Paulina Wnuk jest autorką książki "Kuchnia filmowa", która przenosi nas w świat potraw z dużego ekranu. Napisała ją na podstawie swojego bloga "From movie to the kitchen", który otrzymał nagrodę Blog Roku 2012.
Paulina Wnuk przyznała w audycji "Lato z Radiem", że miłość do jedzenia i filmów narodziły się jednocześnie. - W dzieciństwie oglądałam z tatą filmy science-fiction. Z Gwiezdnych Wojen pochodzi przepis na niebieskie Mleko Bantha - powiedziała Wnuk. Podpatrywała też swoje babcie i mamę w kuchni.
Autorka książki "Kuchnia filmowa" szuka filmów, w których pojawia się jedzenie. - Gdy oglądam film to wręcz oczekuję na jedzenie. Notuję to, co zobaczę. Zwracam uwagę na wszystkie kulinarne elementy jak np. spotkanie bohaterów w kawiarni - powiedziała Wnuk. Przyznaje też, że często jest tak, iż to czytelnicy podpowiadają jej filmy i przepisy. - Duże powodzenie ma Harry Potter. Wszyscy czekają na sok dyniowy z tego filmu - powiedziała. Spotyka się też z propozycją soku z gumijagód - Kiedyś wyruszę na ich poszukiwania i przygotuję ten magiczny sok - powiedziała Wnuk.
Jej zdaniem filmem, który powoduje, że po każdym obejrzeniu przybywa kilka kilogramów jest "Czekolada" z Juliette Binoche. - Rzędy kuszących czekoladek. Gorąca czekolada z dodatkiem chilli. Trudno się temu oprzeć - powiedziała. Wymienia też filmy Quentina Tarantino w których pojawi się strudel z bitą śmietaną, ćwierćfunciak z serem oraz waniliowy shake za 5 dolarów. Bardzo lubi też filmy Tima Burtona. W nich też znajduje kulinarne inspiracje np. na przepis na paszteciki z mięsem oraz na koktajl krewetkowy.

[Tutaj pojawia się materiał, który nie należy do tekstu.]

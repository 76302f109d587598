// What stands at the front of bytes that are in memory, as far as they tell: the reading of records where they lie.

ghost use Rattle.std.specs.Prelude.{◌≤◌};
ghost use Rattle.trex_pcap.specs.Ahead.{IsAhead};

use crate::fault::CaptureFault;
use crate::format::Format;
use crate::headers::{RECORD_HEADER, read_head};
use crate::reader::MOST_RECORDS;
use crate::record::Record;

/// What the first bytes of the rest of a capture tell, whatever follows them.
#[derive(Clone, Copy, Debug, PartialEq, Eq, Drop)]
pub enum Ahead {
    /// A record stands there: its header takes 16 bytes, and its captured bytes stand behind the header.
    Whole(Record),
    /// This fault stands there.
    Faulty(CaptureFault),
    /// There are too few bytes to tell. If none follows, the capture ends there, or is torn where there are some.
    Short,
}

/// What stands at the front of these bytes, where so many records came before (pcap 2.4, packet record).
pub fn look_ahead(format: Format, before: u64, bytes: &[u8]) -> Ahead
    requires { before ≤ 100000000 }
    ensures { IsAhead format before bytes.now result }
{
    if bytes.is_empty() {
        return Ahead::Short;
    }
    if before == MOST_RECORDS {
        return Ahead::Faulty(CaptureFault::TooMany);
    }
    if bytes.len() < RECORD_HEADER {
        return Ahead::Short;
    }
    match read_head(format, before + 1, &bytes[..RECORD_HEADER]) {
        Ok(record) => {
            if bytes.len() - RECORD_HEADER < record.captured as usize {
                Ahead::Short
            } else {
                Ahead::Whole(record)
            }
        }
        Err(fault) => Ahead::Faulty(fault),
    }
}
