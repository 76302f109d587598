//! The classic pcap capture format, version 2.4: the writer's nanosecond records, and a reader of both kinds in both byte orders.
#![tactic(auto)]

mod ahead;
mod fault;
mod filling;
mod format;
mod headers;
mod laws;
mod reader;
mod record;
mod unfit;
mod writing;

pub use ahead::{Ahead, look_ahead};
pub use fault::CaptureFault;
pub use format::Format;
pub use laws::{one_reading, reads_back};
pub use reader::CaptureReader;
pub use record::Record;
pub use unfit::Unfit;
pub use writing::{header, record_header};
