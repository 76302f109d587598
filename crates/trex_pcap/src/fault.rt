// What can be wrong with a capture that is read.

use thiserror::Error;

/// What is wrong with a capture, and at which record; records are counted from 1.
#[derive(Clone, Copy, Debug, PartialEq, Eq, Drop, Error)]
pub enum CaptureFault {
    /// The capture ends within this record, or within the file header, which has the number 0.
    #[error("record {number} is torn")]
    Torn { number: u64 },
    /// The first four bytes are no magic number in either byte order.
    #[error("no magic number")]
    BadMagic,
    /// The version isn't 2.4.
    #[error("not version 2.4")]
    BadVersion,
    /// The link word, all four bytes of it, isn't 1, Ethernet.
    #[error("not Ethernet")]
    BadLink,
    /// A byte follows record 100,000,000.
    #[error("more than 100000000 records")]
    TooMany,
    /// The fraction is a second or more.
    #[error("the fraction of record {number} is a second or more")]
    BadFraction { number: u64 },
    /// The captured length is above 262,144 bytes.
    #[error("record {number} has more than 262144 bytes")]
    BadLength { number: u64 },
    /// The source failed; the capture itself may be without a fault.
    #[error("the source failed")]
    Fault,
}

W książce i na blogu są też przepisy, które nie pochodzą bezpośrednio z filmów, ale są nimi inspirowane np. sałatka z sercem wieprzowym z Hannibala. - Docelowo miał to być móżdżek, ale bardzo ciężko było mi go znaleźć w sklepach. Niektórych to przeraża, a innych zachwyca. Takie potrawy to kontrowersyjny temat - powiedziała.
Zdaniem Pauliny Wnuk polskie kino jest ubogie w kulinarne elementy. Można w nim jednak znaleźć kilka kultowych potraw i deserów np. ciastko W-Z z "Misia" i Krem Sułtański z "Dziewczyn do wzięcia". - Kremu sułtańskiego spokojnie można zjeść dwie porcie nie mdlejąc - powiedziała. Wspomina też o wielkich mięsnych ucztach z Krzyżaków i pieczonych kasztanach ze "Stawki większej niż życie". - Polecam, bo mają niesamowity smak - powiedziała autorka książki "Kuchnia filmowa"
Gdyby miała wybrać ulubiony przepis np. na danie na niedzielne popołudnie to poleciałby Wołowinę po burgundzku z filmu "Julie i Julia". - Ciężko opisać ten smak, ale długo pieczona wołowina z warzywami, w winie, z boczkiem to idealna propozycja - powiedziała. Prostszym przepisem jest spaghetti z klopsikami z "Zakochanego kundla" oraz chińskie pierożki z filmu "Kung-fu Panda". Na deser proponuje natomiast jabłka i gruszki pod kruszonką z filmu "Rzeź” Romana Polańskiego.
Z Pauliną Wnuk rozmawiała Karolina Rożej.